That is, the verb ‘to google’ has become synonymous with searching the Internet for the various scraps of ephemera with which it is littered. I saw this as a good thing.

Google, apparently, doesn’t. The company that saw the wisdom in paying billions of dollars for YouTube apparently can’t see the value in mindshare branding. Go figure.

Google has been asking people not to refer to ‘googling’ subjects on the Internet, as the company fears that will make the term generic and therefore indefensible as a trademark. It wants to own the word ‘google’ all for itself. Let’s just get some perspective here. The word ‘google’ was used for a considerable period of time as an alternative form of the word ‘goggle’.

In the early years of the 20th century it was co-opted by the game of cricket when the word ‘googly’ was invented to describe a type of delivery bowled by a spin bowler.

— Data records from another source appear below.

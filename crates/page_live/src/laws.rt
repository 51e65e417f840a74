//! Laws of pages that live: the function does nothing, and its contract is the law.
ghost use Rattle.std.specs.Prelude.{◌≡◌, [], List};
ghost use Rattle.trace_reader.specs.Said.{Said};
ghost use Rattle.page_plan.specs.declared.PageSpec.{PageSpec};
ghost use Rattle.page_plan.specs.declared.SlotContent.{SlotContent};
ghost use Rattle.page_play.specs.Host.{Host};
ghost use Rattle.page_play.specs.Played.{IsPlayed};
ghost use Rattle.page_live.specs.Living.{IsLive};

/// A page without channels that has taken its items one after the other has played them: it is as if it had been handed
/// all of them first.
pub fn live_pages()
    ensures { (spec : PageSpec) (swaps : List SlotContent) (items : List Said) (h : Host)
        → spec.channels.items ≡ [] → IsLive spec swaps items h → IsPlayed spec swaps items h }
{}
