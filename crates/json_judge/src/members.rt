//! The members of an object, as they come: the last one with a name is the one that stays.
ghost use Rattle.std.specs.Prelude.{◌≡◌, true, false};
ghost use Rattle.code_units.specs.Permitted.{is_permitted};
ghost use Rattle.code_units.specs.Utf8.{units_of};
ghost use Rattle.serde_json.specs.Data.{Data, Members, put};
ghost use Rattle.json_judge.specs.Names.{AreRefused, has_names, members_have_names};

use code_units::{Text, permitted};
use std::alloc::Global;
use std::collections::BTreeSet;

/// The names that are refused, but those with a low line at an end.
const REFUSED: [&str; 10] = [
    "arguments",
    "callee",
    "caller",
    "constructor",
    "eval",
    "prototype",
    "stack",
    "unwatch",
    "valueOf",
    "watch",
];

/// Whether a name is refused. One that looks permitted is not made a text.
pub(crate) fn is_refused(alloc: Global, name: &str) -> bool
    ensures { result ≡ true → is_permitted (units_of name.now) ≡ false }
{
    if !looks_refused(name) {
        return false;
    }
    match Text::from_str(alloc, name) {
        Ok(text) => !permitted(&text),
        Err(_) => false,
    }
}

fn looks_refused(name: &str) -> bool {
    name.starts_with('_') || name.ends_with('_') || REFUSED.iter().any(|word| *word == name)
}

/// The names of the members so far whose values have a refused name.
pub(crate) type Held<'a> = BTreeSet<&'a str>;

/// One more member: what its name had before is written over. Where there is no memory for a name it is
/// not held.
pub(crate) fn hold<'a>(held: &mut Held<'a>, name: &'a str, refused: bool)
    ensures { (found : Members) (d : Data) → (refused ≡ true → has_names d ≡ false)
        → AreRefused held.old found → AreRefused held.new (put name.now d found) }
{
    if !refused {
        held.remove(name);
        return;
    }
    match held.insert(name) {
        Ok(_) => {}
        Err(_) => {}
    }
}

/// Whether a name is held.
pub(crate) fn is_held(held: &Held<'_>) -> bool
    ensures { (found : Members) → AreRefused held.now found → result ≡ true → members_have_names found ≡ false }
{
    match held.first() {
        Some(_) => true,
        None => false,
    }
}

The verb ‘to google’ was as early as 1907 applied to the act of delivering a googly. (I looked that up in the Oxford English Dictionary – I didn’t google it.)

This is not the word that Google’s founders adopted (in fact, being American, they may not have known of its cricket usage). They named their invention after a variant spelling of the word ‘googol’, which was coined in 1938 by Milton Sirotta, the nephew of mathematician Edward Kasner, who wanted a name for a really big number. The number looks like this:
10,000,000,000,000,000,000,000,
000,000,000,000,000,000,000,000,000,000,000,000,000,000,000,000,000,000,000,000,000,000,000,000,000,000.

That’s 1 followed by 100 zeroes. The number has no application or significance in mathematics or any other field (this is not because of its size – there are larger numbers that are useful).

Google’s founders wanted their thing to be synonymous with a vast amount of information, when in fact it should be synonymous with incredibly useless information. Hey, what do you know!

Normally, large numbers are named in multiples of 1000. That is, a ‘million’ is 1000x1000 (‘mille’ being Latin for 1000), a ‘billion’ is 1000x1000x1000, a ‘trillion’ 1000x1000x1000x1000, a ‘quadrillion’ 1000x1000x1000x1000x1000 and so on. A 1 followed by 99 zeroes is a ‘duotrigintillion’.

Thus, 1 followed by 100 zeroes is 10 duotrigintillion. Kasner, if he were any kind of mathematician, should have known that and not asked a nine year old to give a name to a number that already had one.

(Then again, would he have been remembered for anything else – he might be the canny one, old Kas.)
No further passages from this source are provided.